Arru had argued there was no theft, as Gabriele photocopied the documents and did not remove the originals.
She said he was driven by his faith, high morals and by motives that she hoped one day would be "recognized and rewarded" as he was pushed to do what he did by the "evil" he saw around him.
Arru said Gabriele had shown a "lack of respect" toward the confidentiality of the material he had access to, but insisted her client had not actually stolen the documents.
She also said Gabriele had not benefited personally from his actions. Gabriele has always maintained he never received money or presents in exchange of the documents.
Arru had asked for the charges to be changed from theft to embezzlement.
The pope's former butler is accused of stealing thousands of private papal documents. In the 'Vatileaks' trial that has captured the world, Paolo Gabriele tells the court why he did it. NBC's Michelle Kosinki reports.
Gabriele was actually sentenced to the three years in prison requested by the prosecution, but this was reduced to 18 months due to his belief he was acting in good faith, clean record, and admission of guilt.
The prosecutor, Nicola Picardi, said that, according to his psychological profile, Gabriele was "suggestible" and easily influenced by others.

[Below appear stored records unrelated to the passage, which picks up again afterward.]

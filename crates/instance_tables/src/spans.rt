//! Spans of time and times of day, as cells spell them.

ghost use Rattle.std.specs.Prelude.{◌<◌};

/// A span of time as it is spelled.
#[derive(Clone, Copy, Drop)]
pub(crate) struct Span {
    /// Its minutes.
    pub(crate) minutes: u64,
    /// Whether it is a whole number of hours without a colon, a point or a comma.
    pub(crate) is_bare: bool,
}

/// The most digits of a number of hours.
const DIGITS_MOST: usize = 5;

/// The number that decimal digits spell, at most so many of them.
pub(crate) fn digits(text: &str, most: usize) -> Option<u32> {
    let count = text.len();
    if count == 0 || most < count || !text.bytes().all(|byte| byte.is_ascii_digit()) {
        return None;
    }
    text.parse::<u32>().ok()
}

/// The minutes of hours and what stands behind their colon: minutes in two digits, and seconds only where they are none.
fn clock_minutes(hours: &str, behind: &str) -> Option<u64> {
    let hours = digits(hours, DIGITS_MOST)?;
    let minutes = match behind.split_once(':') {
        Some((minutes, "00")) => minutes,
        Some(_) => return None,
        None => behind,
    };
    if minutes.len() != 2 {
        return None;
    }
    let minutes = digits(minutes, 2)?;
    if 59 < minutes {
        return None;
    }
    Some(u64::from(hours) * 60 + u64::from(minutes))
}

/// What a digit of so many behind a decimal point counts, as a part of one.
fn parts_of_one(count: usize) -> u64
    ensures { 0 < result }
{
    match count {
        1 => 10,
        2 => 100,
        3 => 1_000,
        4 => 10_000,
        _ => 100_000,
    }
}

/// The minutes of hours with a decimal point, where they are whole.
fn decimal_minutes(hours: &str, behind: &str) -> Option<u64> {
    let hours = digits(hours, DIGITS_MOST)?;
    let fraction = digits(behind, DIGITS_MOST)?;
    let one = parts_of_one(behind.len());
    let parts = u64::from(fraction) * 60;
    if parts % one != 0 {
        return None;
    }
    let whole = u64::from(hours) * 60;
    Some(whole.saturating_add(parts / one))
}

/// The span of time that a text spells: `6:30`, `06:30`, `06:30:00`, `6.5`, `6,5` or `6`.
pub(crate) fn span_in(text: &str) -> Option<Span> {
    let minutes = if let Some((hours, behind)) = text.split_once(':') {
        clock_minutes(hours, behind)?
    } else if let Some((hours, behind)) = text.split_once('.') {
        decimal_minutes(hours, behind)?
    } else if let Some((hours, behind)) = text.split_once(',') {
        decimal_minutes(hours, behind)?
    } else {
        let hours = digits(text, DIGITS_MOST)?;
        return Some(Span {
            minutes: u64::from(hours) * 60,
            is_bare: hours != 0,
        });
    };
    Some(Span {
        minutes,
        is_bare: false,
    })
}
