//! The lists of a break rule, as cells spell them.

use crate::cells::{Cell, Grid};
use crate::refusal::ImportRefusal;
use crate::spans::span_in;
use crate::why::Why;
use break_rules::{Lunch, Lunches, Totals};
use std::alloc::Global;

/// The greatest length of a rule, in slots.
const LENGTH_MOST: u16 = 288;

/// The greatest length of a break, in slots.
const BREAK_MOST: u16 = 48;

/// The most entries of break times.
const TOTALS_MOST: usize = 16;

/// The most lunches.
const LUNCHES_MOST: usize = 2;

/// The slots that a part of an entry spells, at most so many. The cell is refused where it spells none.
fn part_in(
    alloc: Global,
    cell: Cell,
    grid: Grid,
    text: &str,
    most: u16,
    why: Why,
) -> Result<u16, ImportRefusal> {
    match span_in(text) {
        Some(span) if !span.is_bare => cell.slots(alloc, grid, span.minutes, 0, most),
        _ => Err(cell.refused(alloc, why)),
    }
}

/// An entry of break times: `8:00=1:00`.
fn total_in(
    alloc: Global,
    cell: Cell,
    grid: Grid,
    entry: &str,
) -> Result<(u16, u16), ImportRefusal> {
    let Some((from, breaks)) = entry.split_once('=') else {
        return Err(cell.refused(alloc, Why::Totals));
    };
    let from = part_in(alloc, cell, grid, from, LENGTH_MOST, Why::Totals)?;
    let breaks = part_in(alloc, cell, grid, breaks, BREAK_MOST, Why::Totals)?;
    Ok((from, breaks))
}

/// The break times by length that a cell lists.
pub(crate) fn totals_in(alloc: Global, cell: Cell, grid: Grid) -> Result<Totals, ImportRefusal> {
    let mut totals = Vec::new(alloc);
    for entry in cell.text.split_whitespace() {
        if TOTALS_MOST <= totals.len() {
            return Err(cell.refused(alloc, Why::Totals));
        }
        totals.push(total_in(alloc, cell, grid, entry)?)?;
    }
    Ok(Totals::new(totals))
}

/// An entry of lunches: `8:00=0:30@3:00-5:30`.
fn lunch_in(alloc: Global, cell: Cell, grid: Grid, entry: &str) -> Result<Lunch, ImportRefusal> {
    let Some((from, behind)) = entry.split_once('=') else {
        return Err(cell.refused(alloc, Why::Lunches));
    };
    let Some((size, window)) = behind.split_once('@') else {
        return Err(cell.refused(alloc, Why::Lunches));
    };
    let Some((first, last)) = window.split_once('-') else {
        return Err(cell.refused(alloc, Why::Lunches));
    };
    Ok(Lunch {
        from_len: part_in(alloc, cell, grid, from, LENGTH_MOST, Why::Lunches)?,
        size: part_in(alloc, cell, grid, size, BREAK_MOST, Why::Lunches)?,
        first: part_in(alloc, cell, grid, first, LENGTH_MOST, Why::Lunches)?,
        last: part_in(alloc, cell, grid, last, LENGTH_MOST, Why::Lunches)?,
    })
}

/// The lunches by length that a cell lists.
pub(crate) fn lunches_in(alloc: Global, cell: Cell, grid: Grid) -> Result<Lunches, ImportRefusal> {
    let mut lunches = Vec::new(alloc);
    for entry in cell.text.split_whitespace() {
        if LUNCHES_MOST <= lunches.len() {
            return Err(cell.refused(alloc, Why::Lunches));
        }
        lunches.push(lunch_in(alloc, cell, grid, entry)?)?;
    }
    Ok(Lunches::new(lunches))
}
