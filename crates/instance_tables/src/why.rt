//! Why a table is refused, and what may stand where it is.

use crate::columns::{Column, Table};
use crate::hours::HoursMinutes;
use std::fmt;

/// Why a table is refused where it is. Times and spans are minutes.
#[derive(Clone, Copy, Debug, Drop)]
pub enum Why {
    /// The file is no text in UTF-8.
    Encoding,
    /// The file has no line of the names of columns.
    NoColumns,
    /// A column is none of the table's.
    UnknownColumn { table: Table },
    /// A column stands twice.
    ColumnTwice,
    /// A column that the table must have isn't there.
    NoColumn,
    /// A cell holds a line end, or its quotation marks don't end.
    Quotes,
    /// A cell stands where no column has a name.
    Beyond,
    /// There is no row below the names of the columns.
    NoRows,
    /// There are more rows than so many.
    TooManyRows { most: u64 },
    /// It is no whole number within these.
    Number { least: u32, most: u32 },
    /// It is no length that slots may have.
    SlotMinutes,
    /// It is no time or span.
    Span,
    /// It is a whole number without a colon, where breaks are spelled in hours and minutes.
    Bare,
    /// It isn't so many whole slots.
    Slots { slot_minutes: u16 },
    /// It isn't within these, as hours and minutes.
    Within { least: u64, most: u64 },
    /// It is no name of a type or a rule.
    Name,
    /// It stands in a row before.
    Twice { row: u64 },
    /// No row of `rules.csv` has this name.
    NoSuchRule,
    /// A day has no row for a time, though its rows come every so many minutes.
    Gap { day: u16, time: u64, step: u64 },
    /// It is more than what stands in another column of its row.
    Above { other: Column },
    /// Another column of its row needs it.
    NeededBy { other: Column },
    /// It is no list of break times by length.
    Totals,
    /// The lengths of the list don't rise.
    TotalsOrder,
    /// It is no list of lunches by length.
    Lunches,
    /// A lunch has no room in its window, or begins before the one before it ends.
    LunchOrder,
    /// It is more than a slot, or than the shortest work without a break.
    Resettle,
    /// The break rule has a part that is too large.
    TooLarge,
    /// All types have more than 1,024 shifts together.
    TooManyShifts { found: u64 },
    /// The numbers make no instance.
    Instance,
}

/// Writes the names of a table's columns.
fn write_columns<W: fmt::Write>(table: Table, f: &mut fmt::Formatter<W>) -> fmt::Result {
    let mut between = "";
    for column in table.columns() {
        write!(f, "{between}{column}")?;
        between = ", ";
    }
    Ok(())
}

/// Writes what is wrong with a file or its columns.
fn write_of_file<W: fmt::Write>(why: Why, f: &mut fmt::Formatter<W>) -> fmt::Result {
    match why {
        Why::Encoding => f.write_str("the file is no text in UTF-8: save it as CSV UTF-8"),
        Why::NoColumns => f.write_str(
            "the file is empty: its first line has the names of the columns",
        ),
        Why::UnknownColumn { table } => {
            f.write_str("the table has no such column; it has ")?;
            write_columns(table, f)
        }
        Why::ColumnTwice => f.write_str("this column stands twice"),
        Why::NoColumn => f.write_str("the first line must name this column"),
        Why::Quotes => f.write_str(
            "a cell holds a line end, or begins with a quotation mark that doesn't end: cells have neither",
        ),
        Why::Beyond => f.write_str("it stands in a column that the first line doesn't name"),
        Why::NoRows => f.write_str("there is no row below the names of the columns"),
        Why::TooManyRows { most: 1 } => f.write_str("the table has one row below the names"),
        Why::TooManyRows { most } => write!(f, "the table has at most {most} rows below the names"),
        _ => f.write_str("the numbers make no instance"),
    }
}

/// Writes what times and spans may stand in a cell.
fn write_of_span<W: fmt::Write>(why: Why, f: &mut fmt::Formatter<W>) -> fmt::Result {
    match why {
        Why::Span => f.write_str(
            "hours and minutes stand here, as 6:30, or hours with a decimal point or comma that are whole minutes, as 6.5",
        ),
        Why::Bare => f.write_str(
            "write it with a colon: 0:30 for half an hour, 30:00 for thirty hours",
        ),
        Why::Slots { slot_minutes } => write!(
            f,
            "a whole number of slots of {slot_minutes} minutes stands here, as 0:{}{} or 6:00",
            slot_minutes / 10 % 6,
            slot_minutes % 10
        ),
        Why::Within { least, most } => {
            let least = HoursMinutes { minutes: least };
            let most = HoursMinutes { minutes: most };
            write!(f, "it may be {least} to {most}")
        }
        _ => write_of_file(why, f),
    }
}

/// Writes what may stand in a cell of a break rule.
fn write_of_rule<W: fmt::Write>(why: Why, f: &mut fmt::Formatter<W>) -> fmt::Result {
    match why {
        Why::Totals => f.write_str(
            "at most 16 entries LENGTH=BREAKS with spaces between them stand here, as 4:00=0:15 8:00=1:00: from shifts of 4 hours on a quarter of an hour of breaks in all, from 8 hours on an hour",
        ),
        Why::TotalsOrder => f.write_str("the lengths must rise from entry to entry"),
        Why::Lunches => f.write_str(
            "one or two entries LENGTH=LUNCH@FROM-TO stand here, as 8:00=0:30@3:00-5:30: in shifts from 8 hours on a lunch of half an hour that begins 3 hours after the start or later and ends 5 hours and a half after it or earlier",
        ),
        Why::LunchOrder => f.write_str(
            "a lunch must fit between its FROM and its TO, and begin when the one before it has ended or later",
        ),
        Why::Resettle => f.write_str("it may be 0:00 or one slot, and no more than work_min"),
        Why::TooLarge => f.write_str("the rule has a part that is too large"),
        _ => write_of_span(why, f),
    }
}

impl fmt::Display for Why {
    /// Writes what may stand there.
    fn fmt<W: fmt::Write>(&self, f: &mut fmt::Formatter<W>) -> fmt::Result {
        match self {
            Why::Number { least, most } => write!(
                f,
                "a whole number from {least} to {most} stands here"
            ),
            Why::SlotMinutes => f.write_str("a slot has 5, 10, 15, 20, 30 or 60 minutes"),
            Why::Name => f.write_str(
                "a name has 1 to 32 visible characters of ASCII, and no space",
            ),
            Why::Twice { row } => write!(f, "it stands in row {row} too"),
            Why::NoSuchRule => f.write_str(
                "no row of rules.csv has this name; a type without breaks leaves the cell empty",
            ),
            Why::Gap { day, time, step } => {
                let time = HoursMinutes { minutes: *time };
                let step = HoursMinutes { minutes: *step };
                write!(
                    f,
                    "day {day} has no row for {time}: a day has a row at every step from 0:00 on (here {step}), with need 0 where nobody is wanted"
                )
            }
            Why::Above { other } => write!(f, "it may not be above {other} of the same row"),
            Why::NeededBy { other } => write!(f, "where {other} isn't empty, this isn't either"),
            Why::TooManyShifts { found } => write!(
                f,
                "the types have {found} shifts together, and may have 1,024: of each type the starts times the lengths, slot by slot"
            ),
            _ => write_of_rule(*self, f),
        }
    }
}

Picardi wondered whether it was possible that other people were involved, but said "there is no proof" that Gabriele, who has insisted he acted alone, had an accomplice.
Picardi added that Gabriele had confessed to the crime to Father Giovanni Luzi, a priest, and handed him some of the documents before his arrest.
After the hearing, Gabriele went back to his Vatican apartment under house arrest.
Reuters contributed to this report.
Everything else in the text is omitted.